The rash appears on the part of the body that received radiation. Symptoms may include redness, tenderness, swelling, wet sores, and peeling skin.
Typically, these side effects start within days or weeks of radiation therapy. But they can also appear months or years later. Doctors treat radiation recall with medications called corticosteroids. Rarely, it may be necessary to wait until the skin heals before continuing chemotherapy.
Questions To Ask The Health Care Team
What physical side effects are likely based on my specific radiation therapy treatment plan? When will they likely begin?
How can these side effects be prevented or managed?
How can I take care of the affected skin during my treatment period?
Who should I tell when a side effect appears or gets worse?
Are there specific side effects I should tell the doctor about right away?
Who can I talk with if I’m feeling anxious or upset about having this treatment?
If I’m having side effects that affect my nutrition, can you recommend an oncology dietitian?
What are other ways I can take care of myself during the treatment period?
Are there any restrictions on exercising or other physical activity during this treatment?
Could this treatment affect my sex life? If so, how and for how long?

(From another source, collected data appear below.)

impl UndoLog {
    /// Adds a record after the others, and puts the blocks that its bytes fall into. The room of a
    /// unit's end is kept from its first before-image on. It answers where the record begins. At
    /// every moment, failing or not, each image has the records that were forced and a prefix of
    /// all with this one. `Full`: nothing is done, since the bytes in use and those that the record
    /// needs are more than the log has. `Write` is the device's; `Read` never comes.
    pub fn append<B: Blocks>(&mut self, blocks: &mut B, rec: &LogRecord) -> Result<LogPlace, LogNo>
        requires sound { self.old.broken ≡ false }
        requires shape { IsOf self.old.geometry (B.seen blocks.old) }
        requires lengths { HasLengths rec.now }
        requires live { EndsLive (live_in self.old.records) rec.now }
        requires stands { IsTrue B.tells → LogStands self.old (B.seen blocks.old) }
        ensures place { IfOk result (IsNextPlace self.old) }
        ensures log { OnOk result (IsAppended self.old rec.now self.new) }
        ensures shape { OnOk result (IsOf self.new.geometry (B.seen blocks.new)) }
        ensures stands { IsTrue B.tells → OnOk result (LogStands self.new (B.seen blocks.new)) }
        ensures moments { IsTrue B.tells → Touches (InLog self.old.geometry)
            (HasLog (with_record self.old rec.now)) (B.seen blocks.old) (B.seen blocks.new) }
        ensures full { IsFullWhere self.old (need_of (live_in self.old.records) rec.now) result }
        ensures unchanged { IfErr result (λ no. IsFullNo no
            → (self.new ≡ self.old) × (blocks.new ≡ blocks.old)) }
        ensures cause { HasLogCause (B.faults blocks.old) (B.faults blocks.new) result }
    {
        let used = self.used();
        let need = self.need(rec);
        let size = self.size();
        if used + need > size {
            return Err(LogNo::Full { used, need, size });
        }
        let place = self.place();
        match self.enter(blocks, rec) {
            Ok(()) => Ok(place),
            Err(DeviceFault::Write) => Err(LogNo::Write),
            Err(DeviceFault::Read) => Err(LogNo::Read),
        }
    }

    /// Adds the record that ends a unit, in the room that was kept for it. `Write` is the device's.
    pub fn end_record<B: Blocks>(
        &mut self,
        blocks: &mut B,
        unit: Unit,
        kind: EndKind,
    ) -> Result<(), DeviceFault>
        requires sound { self.old.broken ≡ false }
        requires shape { IsOf self.old.geometry (B.seen blocks.old) }
        requires live { IsTrue (is_in unit (live_in self.old.records)) }
        requires stands { IsTrue B.tells → LogStands self.old (B.seen blocks.old) }
        ensures log { OnOk result (IsAppended self.old (End unit kind) self.new) }
        ensures shape { OnOk result (IsOf self.new.geometry (B.seen blocks.new)) }
        ensures stands { IsTrue B.tells → OnOk result (LogStands self.new (B.seen blocks.new)) }
        ensures moments { IsTrue B.tells → Touches (InLog self.old.geometry)
            (HasLog (with_record self.old (End unit kind))) (B.seen blocks.old)
            (B.seen blocks.new) }
        ensures cause { HasWriteCause (B.faults blocks.old) (B.faults blocks.new) result }
    {
        self.enter(blocks, &LogRecord::End { unit, kind })
    }

    /// Forces the records that were appended, in one sync; where none was since the last time,
    /// nothing is done. `Write` is the device's, and the log is broken then: what stands of its
    /// blocks isn't known.
    pub fn force<B: Blocks>(&mut self, blocks: &mut B) -> Result<(), DeviceFault>
        requires sound { self.old.broken ≡ false }
        requires shape { IsOf self.old.geometry (B.seen blocks.old) }
        requires stands { IsTrue B.tells → LogStands self.old (B.seen blocks.old) }
        ensures forced { OnOk result (self.new ≡ forced_now self.old) }
        ensures stands { IsTrue B.tells → OnOk result (LogStands self.new (B.seen blocks.new)) }
        ensures moments { IsTrue B.tells → Touches (InLog self.old.geometry) (HasLog self.old)
            (B.seen blocks.old) (B.seen blocks.new) }
        ensures keeps { Keeps B.tells (B.seen blocks.old) (B.seen blocks.new) }
        ensures broken { OnErr result (self.new.broken ≡ true) }
        ensures idle { IsForced self.old → (self.new ≡ self.old) × (blocks.new ≡ blocks.old) }
        ensures cause { HasWriteCause (B.faults blocks.old) (B.faults blocks.new) result }
    {
        if self.forced == self.bytes {
            return Ok(());
        }
        self.broken = true;
        let room = self.tail.block.len() as u64 - 16;
        let list = from_block(&self.numbers, self.forced, room, self.tail.index);
        blocks.force(list)?;
        self.broken = false;
        self.tail.begun = true;
        self.forced = self.bytes;
        self.forced_records = Snapshot::of(&self.records);
        Ok(())
    }

    /// Begins the next generation, with no record. Nothing is put before the next record is
    /// appended. The generation stands still at 2^64 - 1.
    pub fn restart(&mut self)
        requires sound { self.old.broken ≡ false }
        requires none_live { live_in self.old.records ≡ [] }
        requires forced { IsForced self.old }
        ensures { self.new ≡ restarted self.old }
    {
        if self.tail.begun {
            self.older = Older::Ended(self.tail.generation, Snapshot::of(&self.records));
        }
        self.tail.generation = self.tail.generation.saturating_add(1);
        self.tail.index = 0;
        self.tail.used = 0;
        self.tail.begun = false;
        self.bytes = 0;
        self.forced = 0;
        self.records = Kept::Nothing;
        self.forced_records = Snapshot::of(&self.records);
    }

    /// Begins the log anew once its units have all ended: its blocks become zeros, block 1 first, and
    /// are forced, so that it has no generation yet, as on a volume that was just formatted. So its
    /// generations never come to an end. In each image of every moment, whether it fails or not, the
    /// blocks spell the log that they had, or none yet; where it fails the log is broken. `Fault` is
    /// the device's; `Memory`: there is none for the zeros of a block; `Damaged` never comes.
    pub fn renew<B: Blocks>(&mut self, alloc: Global, blocks: &mut B) -> Result<(), LogReadNo>
        requires sound { self.old.broken ≡ false }
        requires none_live { live_in self.old.records ≡ [] }
        requires forced { IsForced self.old }
        requires shape { IsOf self.old.geometry (B.seen blocks.old) }
        requires stands { IsTrue B.tells → LogStands self.old (B.seen blocks.old) }
        ensures log { OnOk result (self.new ≡ made self.old.geometry no_log) }
        ensures shape { IsOf self.old.geometry (B.seen blocks.new) }
        ensures stands { IsTrue B.tells → OnOk result (LogStands self.new (B.seen blocks.new)) }
        ensures moments { IsTrue B.tells → Touches (InLog self.old.geometry)
            (HasLogOrNone self.old) (B.seen blocks.old) (B.seen blocks.new) }
        ensures no_damage { IfErr result IsNoDamage }
        ensures cause { HasReadCause (B.faults blocks.old) (B.faults blocks.new) result }
    {
        self.broken = true;
        blocks.force(&self.numbers)?;
        clear_all(alloc, blocks, &self.geometry)?;
        self.broken = false;
        self.forget(alloc);
        Ok(())
    }

    /// Begins the first generation in memory, on blocks that spell none.
    fn forget(&mut self, alloc: Global)
        requires { self.old.broken ≡ false }
        ensures { self.new ≡ made self.old.geometry no_log }
    {
        self.older = Older::Made(Snapshot::of(&LogContent::new(alloc, 0)));
        self.tail.generation = 1;
        self.tail.index = 0;
        self.tail.used = 0;
        self.tail.begun = false;
        self.bytes = 0;
        self.forced = 0;
        self.records = Kept::Nothing;
        self.forced_records = Snapshot::of(&self.records);
        self.live.clear();
    }

    /// Whether the unit is live: it has a before-image and no end record after it.
    pub fn is_live(&self, unit: Unit) -> bool
        requires { self.now.broken ≡ false }
        ensures { result ≡ is_in unit (live_in self.now.records) }
    {
        self.live.has(unit)
    }

    /// How many units are live.
    pub fn live(&self) -> usize
        requires { self.now.broken ≡ false }
        ensures { result ≡ length (live_in self.now.records) }
    {
        self.live.len()
    }

    /// The generation.
    pub fn generation(&self) -> u64
        ensures { result ≡ self.now.generation }
    {
        self.tail.generation
    }

    /// Adds a record that has room.
    pub(crate) fn enter<B: Blocks>(
        &mut self,
        blocks: &mut B,
        rec: &LogRecord,
    ) -> Result<(), DeviceFault>
        requires sound { self.old.broken ≡ false }
        requires shape { IsOf self.old.geometry (B.seen blocks.old) }
        requires lengths { HasLengths rec.now }
        requires live { EndsLive (live_in self.old.records) rec.now }
        requires room { used_by self.old.records ≤ log_size self.old.geometry
            → used_by self.old.records + need_of (live_in self.old.records) rec.now
            ≤ log_size self.old.geometry }
        requires stands { IsTrue B.tells → LogStands self.old (B.seen blocks.old) }
        ensures log { OnOk result (IsAppended self.old rec.now self.new) }
        ensures shape { OnOk result (IsOf self.new.geometry (B.seen blocks.new)) }
        ensures stands { IsTrue B.tells → OnOk result (LogStands self.new (B.seen blocks.new)) }
        ensures moments { IsTrue B.tells → Touches (InLog self.old.geometry)
            (HasLog (with_record self.old rec.now)) (B.seen blocks.old) (B.seen blocks.new) }
        ensures cause { HasWriteCause (B.faults blocks.old) (B.faults blocks.new) result }
    {
        self.broken = true;
        put_record(&mut self.tail, blocks, rec)?;
        self.bytes += record_length(rec);
        note_unit(&mut self.live, rec);
        self.records = Kept::After(Snapshot::of(&self.records), Snapshot::of(rec));
        self.broken = false;
        Ok(())
    }

    /// The bytes in use: those of the records, and the room kept for the ends of the live units.
    pub fn used(&self) -> u64
        requires { self.now.broken ≡ false }
        ensures value { result ≡ used_by self.now.records }
        ensures most { result ≤ log_size self.now.geometry }
        ensures small { result < 4294967296 }
        ensures allowed { IsAllowed self.now.geometry }
    {
        self.bytes + 9 * self.live.len() as u64
    }

    /// The bytes that a record needs.
    fn need(&self, rec: &LogRecord) -> u64
        requires sound { self.now.broken ≡ false }
        requires lengths { HasLengths rec.now }
        ensures value { result ≡ need_of (live_in self.now.records) rec.now }
        ensures most { result < 4294967296 + 65600 }
    {
        match rec {
            LogRecord::Before { unit, .. } => {
                let there = self.live.has(*unit);
                record_length(rec) + end_room(there)
            }
            LogRecord::End { .. } => 0,
        }
    }

    /// The bytes that the log has.
    pub(crate) fn size(&self) -> u64
        ensures { result ≡ log_size self.now.geometry }
    {
        self.geometry.log as u64 * (self.geometry.size as u64 - 16)
    }

    /// Where the next record begins.
    fn place(&self) -> LogPlace
        requires { self.now.broken ≡ false }
        ensures { IsNextPlace self.now result }
    {
        LogPlace {
            block: 1 + self.tail.index,
            at: 16 + self.tail.used,
        }
    }
}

Could this treatment affect my ability to become pregnant or have a child? If so, should I talk with a fertility specialist before cancer treatment begins?
What are the potential long-term effects of this type of radiation therapy?
If I’m worried about managing the financial costs of cancer care, who can help me?
Will special precautions be needed to protect my family and others from radiation exposure during my treatment period?
After radiation therapy is completed, what will my follow-up care plan be?
Why is follow-up care important for managing side effects of treatment?